СГ. Вы правы, с одной стороны. С другой, создание большого союзного государства было бы для Владимира Путина крайне полезным. Я уже упомянул почему. Потому что эти конституционные поправки выглядят странно, огромная часть россиян их не поддерживает. Поэтому для Владимира Путина было бы проще остаться у власти, не используя эти самые поправки. Я бы не хотел на эту тему рассуждать, потому что ситуация тяжелая. Есть важный пример, когда Россия не вмешалась в передачу власти — это Армения. Два года назад, как вы знаете, произошла мирная революция в Армении. Весь парламент, в котором было огромное большинство у правящей партии, не стал противодействовать переходу власти. Впрочем, надо сказать, что был ключевой игрок из элиты президента Саркисяна, который был предложен уходящим президентом в качестве премьер-министра. И этот потрясающий человек сказал, что его работа — обеспечить мирную передачу власти. Тем не менее, Россия не стала вмешиваться. Но Россия хорошо понимает, что Армения никуда не может уйти. Потому что у Армении есть такие соседи, как Азербайджан и Турция. Поэтому само существование Армении обеспечено наличием российских солдат на территории Армении. Поэтому с точки зрения стратегии безопасности — это совершенно другая ситуация.  Как вы правильно говорите, беларуская оппозиция, беларуское гражданское общество продолжают повторять, что Беларусь не собирается уходить от России, не собирается вступать в НАТО, продолжает любить Россию. И в этом смысле, хотя Беларусь и не Армения, Владимир Путин должен хорошо понимать, что все беларуское общество хочет оставаться союзником.
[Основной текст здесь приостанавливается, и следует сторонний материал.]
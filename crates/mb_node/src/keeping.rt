//! Keeping an event in a journal before its step.

ghost use Rattle.std.specs.Prelude.{◌≡◌, false, OnOk, IfErr, IsErrOf};
ghost use Rattle.mb_edge.specs.Faults.{TellsFaults};
ghost use Rattle.mb_journal.specs.Files.{EventFits};
ghost use Rattle.mb_node.specs.Keeping.{KeepsOne, append_stop};
ghost use Rattle.mb_node.specs.Stops.{IsOfKeeping};

use crate::stops::ServeStop;
use mb_edge::Disk;
use mb_journal::{AppendStop, Journal};
use mb_msg::Event;

/// Why a node stops where a journal that has not halted appended nothing.
fn append_stop(stop: AppendStop) -> ServeStop
    requires { ¬ (stop ≡ AppendStop.Halted) }
    ensures { result ≡ append_stop stop }
{
    match stop {
        AppendStop::Full { length } => ServeStop::Full { length },
        AppendStop::NoMemory => ServeStop::NoMemory,
        AppendStop::DiskFault => ServeStop::DiskFault,
        AppendStop::Halted => unreachable!(),
    }
}

/// Appends an event to a journal that has not halted.
pub(crate) fn keep<D: Disk>(
    journal: &mut Journal,
    disk: &mut D,
    event: &Event,
) -> Result<(), ServeStop>
    requires runs { journal.old.halted ≡ false }
    requires fits { EventFits event.now }
    ensures kept { KeepsOne journal.old journal.new (D.seen disk.old).moments (D.seen disk.new).moments event.now result }
    ensures runs { OnOk result (journal.new.halted ≡ false) }
    ensures causes { IfErr result IsOfKeeping }
    ensures disk { TellsFaults (D.never_fails disk.old) (D.never_fails disk.new) (D.seen disk.old).faults (D.seen disk.new).faults (IsErrOf result ServeStop.DiskFault) }
{
    match journal.append(disk, event) {
        Ok(()) => Ok(()),
        Err(stop) => Err(append_stop(stop)),
    }
}
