//! The lines of a record: what an event was, how many messages it sent, and their digest.

ghost use Rattle.std.specs.Prelude.{◌≡◌, ◌<◌, ◌^◌, ◌++◌, ℕ, List, length, IfOk};
ghost use Rattle.std.specs.List.{flat_map};
ghost use Rattle.mb_node.specs.Recording.{to_byte, sent_text, entry_with, lines_with, sent_digest};
ghost use Rattle.mb_node.specs.Messages.{IsMessage, AreMessages};

use mb_base::{Digest, NoMemory};
use mb_msg::{Event, Sent, To};
use mb_sched::{Entry, print_entry};
use sha2::{Digest as Hasher, Sha256};
use std::alloc::Global;

/// Stands for all hosts in the digest of what is sent.
const TO_ALL: u8 = 254;

/// Stands for a client in the digest of what is sent.
const TO_CLIENT: u8 = 255;

fn to_byte(to: To) -> u8
    ensures { result ≡ to_byte to }
{
    match to {
        To::All => TO_ALL,
        To::Host(host) => host,
        To::Client(_) => TO_CLIENT,
    }
}

/// Feeds a hasher with to whom a message is sent, its length, and its bytes.
#[tactic(auto, unfolding(mb_base::specs::Spelling::number))]
fn feed<H: Hasher>(hasher: &mut H, message: &Sent)
    requires { IsMessage message.now }
    ensures { (m : List ℕ) → H.holds hasher.old m → H.holds hasher.new (m ++ sent_text message.now) }
{
    let bytes = message.bytes.as_slice();
    hasher.update(to_byte(message.to).to_be_bytes());
    hasher.update((bytes.len() as u32).to_be_bytes());
    hasher.update(bytes);
}

fn feed_all<H: Hasher>(hasher: &mut H, sent: &[Sent])
    requires { AreMessages sent.now }
    ensures { (m : List ℕ) → H.holds hasher.old m → H.holds hasher.new (m ++ flat_map sent_text sent.now) }
{
    for message in sent {
        feed(hasher, message);
    }
}

/// SHA-256 (FIPS 180-4) of no bytes. In two events of three a backup sends nothing.
const OF_NOTHING: Digest = [
    0xe3, 0xb0, 0xc4, 0x42, 0x98, 0xfc, 0x1c, 0x14, 0x9a, 0xfb, 0xf4, 0xc8, 0x99, 0x6f, 0xb9, 0x24,
    0x27, 0xae, 0x41, 0xe4, 0x64, 0x9b, 0x93, 0x4c, 0xa4, 0x95, 0x99, 0x1b, 0x78, 0x52, 0xb8, 0x55,
];

/// SHA-256 over three fields for each message: to whom (u8: the host, 254 for all, 255 for a client), the length (u32), and the bytes.
pub(crate) fn sent_digest(sent: &[Sent]) -> Digest
    requires { AreMessages sent.now }
    ensures { result ≡ sent_digest sent.now }
{
    match sent {
        [] => OF_NOTHING,
        _ => hashed(sent),
    }
}

#[tactic(auto, unfolding(crate::specs::Recording::sent_digest))]
fn hashed(sent: &[Sent]) -> Digest
    requires { AreMessages sent.now }
    ensures { result ≡ sent_digest sent.now }
{
    let mut hasher = Sha256::new();
    feed_all(&mut hasher, sent);
    hasher.finalize()
}

/// The entry of an event that sends these messages.
pub(crate) fn entry_of(event: Event, sent: &[Sent]) -> Entry
    requires messages { AreMessages sent.now }
    requires few { length sent.now < 2 ^ 32 }
    ensures { result ≡ entry_with event sent.now }
{
    Entry {
        event,
        count: sent.len() as u32,
        digest: sent_digest(sent),
    }
}

/// The two lines of an event, and `end` behind those of a right STOP.
pub(crate) fn lines(
    alloc: Global,
    event: Event,
    sent: &[Sent],
    ends: bool,
) -> Result<Vec<u8>, NoMemory>
    requires messages { AreMessages sent.now }
    requires few { length sent.now < 2 ^ 32 }
    ensures { IfOk result (λ text. text.items ≡ lines_with (entry_with event sent.now) ends) }
{
    let entry = entry_of(event, sent);
    let mut text = print_entry(alloc, &entry)?;
    if ends {
        text.extend_from_slice(b"end\n")?;
    }
    Ok(text)
}
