//! One event of a node: the host's step, its lines in the record, and what it sends.

ghost use Rattle.std.specs.Prelude.{◌≡◌, ◌≤◌, ◌<◌, ◌^◌, ℕ, false, length, IfOk, IfErr, OnOk, IsErrOf};
ghost use Rattle.mb_model.specs.Histories.{Identity, History};
ghost use Rattle.mb_steps.specs.Arises.{IsWhole};
ghost use Rattle.mb_core.specs.Represents.{Represents, IsAtRest};
ghost use Rattle.mb_replica.specs.Represents.{Serves};
ghost use Rattle.mb_node.specs.Events.{is_stopping, is_again, is_patience, quiets_in};
ghost use Rattle.mb_node.specs.Messages.{AreMessages};
ghost use Rattle.mb_edge.specs.Faults.{TellsFaults};
ghost use Rattle.mb_node.specs.Stops.{IsOfDisk};
ghost use Rattle.mb_node.specs.Outside.{outside};
ghost use Rattle.mb_node.specs.Turns.{shown_of, Steps, TakesTurn};

use crate::entries::lines;
use crate::outbox::Outbox;
use crate::patience::{Shown, Standing, course_of};
use crate::stops::ServeStop;
use mb_base::NoMemory;
use mb_core::{Replica, Stop};
use mb_edge::{Link, Sink, write_all};
use mb_msg::{Event, Outcome, Step};
use mb_service::Service;
use std::alloc::Global;

/// What an event means to the node.
#[derive(Clone, Copy, Drop)]
pub(crate) struct Turn {
    /// It was a right STOP.
    pub(crate) stops: bool,
    /// What it showed.
    pub(crate) shown: Shown,
}

/// The host's step.
pub(crate) fn step_of<V: Service + Drop>(
    alloc: Global,
    replica: &mut Replica<V>,
    event: &Event,
) -> Result<Step, NoMemory>
    requires runs { replica.old.halted ≡ false }
    requires rests { IsAtRest V.machine replica.old }
    ensures stands { (me : Identity V) (d : History) → Serves V.machine me → Represents me replica.old d → IsWhole d → IfOk result (λ s. Steps me d event.now s replica.new) }
    ensures messages { IfOk result (λ s. AreMessages s.sent) }
    ensures few { IfOk result (λ s. length s.sent < 2 ^ 32) }
    ensures rests { replica.new.halted ≡ false → IsAtRest V.machine replica.new }
    ensures runs { OnOk result (replica.new.halted ≡ false) }
{
    match replica.step(alloc, event) {
        Ok(step) => Ok(step),
        Err(Stop::NoMemory) => Err(NoMemory),
        Err(Stop::Halted) => unreachable!(),
    }
}

fn is_stopping(outcome: Outcome) -> bool
    ensures { result ≡ is_stopping outcome }
{
    match outcome {
        Outcome::Stopping => true,
        _ => false,
    }
}

fn is_again(outcome: Outcome) -> bool
    ensures { result ≡ is_again outcome }
{
    match outcome {
        Outcome::Again => true,
        _ => false,
    }
}

fn is_patience(event: &Event) -> bool
    ensures { result ≡ is_patience event.now }
{
    match event {
        Event::Patience => true,
        Event::Given(_) | Event::Nudge => false,
    }
}

fn quiets_in(event: &Event) -> u64
    ensures { result ≡ quiets_in event.now }
{
    match event {
        Event::Given(_) => 0,
        Event::Patience | Event::Nudge => 1,
    }
}

/// What an event showed by its step, where the host stood before it, and where it stands behind it.
fn shown(event: &Event, step: &Step, before: &Standing, after: &Standing) -> Shown
    ensures { result ≡ shown_of event.now step.now before.now after.now }
{
    Shown {
        quiets: quiets_in(event),
        lost: is_patience(event),
        again: is_again(step.outcome),
        begins: !before.waits && after.waits,
        course: course_of(
            step.executed.as_slice(),
            step.adopted,
            &before.at,
            &after.at,
        ),
        view: after.at.view,
        waits: after.waits,
    }
}

/// One event: it is written once the step is done, and its messages are sent once it is written.
pub(crate) fn take_turn<V: Service + Drop, K: Sink, L: Link>(
    alloc: Global,
    replica: &mut Replica<V>,
    link: &mut L,
    out: &mut K,
    outbox: &mut Outbox,
    event: Event,
) -> Result<Turn, ServeStop>
    requires runs { replica.old.halted ≡ false }
    requires rests { IsAtRest V.machine replica.old }
    ensures stands { TakesTurn V.machine event replica.old outbox.old (outside (K.seen out.old) (L.seen link.old)) (outside (K.seen out.new) (L.seen link.new)) replica.new outbox.new result }
    ensures unspent { (n : ℕ) → IsErrOf result (ServeStop.Budget n) → ⊥ }
    ensures alone { IfErr result (λ s. ¬ IsOfDisk s) }
    ensures one { IfOk result (λ t. t.shown.quiets ≤ 1) }
    ensures who { (outbox.new.host ≡ outbox.old.host) × (outbox.new.hosts ≡ outbox.old.hosts) }
    ensures rests { replica.new.halted ≡ false → IsAtRest V.machine replica.new }
    ensures runs { OnOk result (replica.new.halted ≡ false) }
    ensures received { (L.seen link.new).received ≡ (L.seen link.old).received }
    ensures opens { (L.seen link.new).opens ≡ (L.seen link.old).opens }
    ensures link { TellsFaults (L.never_fails link.old) (L.never_fails link.new) (L.seen link.old).faults (L.seen link.new).faults (IsErrOf result ServeStop.LinkFault) }
    ensures sink { TellsFaults (K.never_fails out.old) (K.never_fails out.new) (K.seen out.old).faults (K.seen out.new).faults (IsErrOf result ServeStop.SinkFault) }
{
    let before = Standing::of(replica);
    let step = step_of(alloc, replica, &event)?;
    let turn = Turn {
        stops: is_stopping(step.outcome),
        shown: shown(&event, &step, &before, &Standing::of(replica)),
    };
    let sent = step.sent.as_slice();
    write_all(out, lines(alloc, event, sent, turn.stops)?.as_slice())?;
    outbox.send_all(alloc, link, sent)?;
    Ok(turn)
}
МК. Может быть, у вас есть какие-то пожелания беларускому народу?

СГ. Мне кажется очень важным оставаться в рамках ненасильственного протеста. Многие люди как на востоке, так и на западе говорят о том, что ненасильственный протест не может привести к демократической передаче власти. Но и в беларуских силовых органах, и в некоторых кругах в России люди готовы использовать беспорядки на улицах Минска и городов как повод для насилия и вмешательства. Поэтому я, как исследователь недемократических режимов, как исследователь демократизации полностью поддерживаю стратегию ненасильственного протеста. Мне кажется, это очень важно. Второй пример, который мы много раз упоминали — это Польша, где ключевую роль сыграло объединение людей творческих профессий и рабочих, в том числе и забастовок, и создание огромного профсоюза “Солидарность”, который сначала был маленьким профсоюзом, а потом к нему присоединились практически все независимые профсоюзы. Нужно понимать, что объединение людей разных профессий необходимо, и забастовки — это нормальный мирный европейский способ реализации своих требований. И, конечно, то, что у вас очень простая программа из трех требований — это очень важно. Чем проще программа, которая объединяет всех беларусов, тем лучше. Выпуск всех политзаключённых, организация выборов, уход нынешнего президента, когда у него закончатся полномочия — это абсолютно другая программа. Спорить друг с другом вы будете потом, после выборов. А до этого крайне важно не спорить, а действовать сообща. У всех, наверное, есть разное видение того, какой должна быть Беларусь, но это должно решаться на свободных выборах.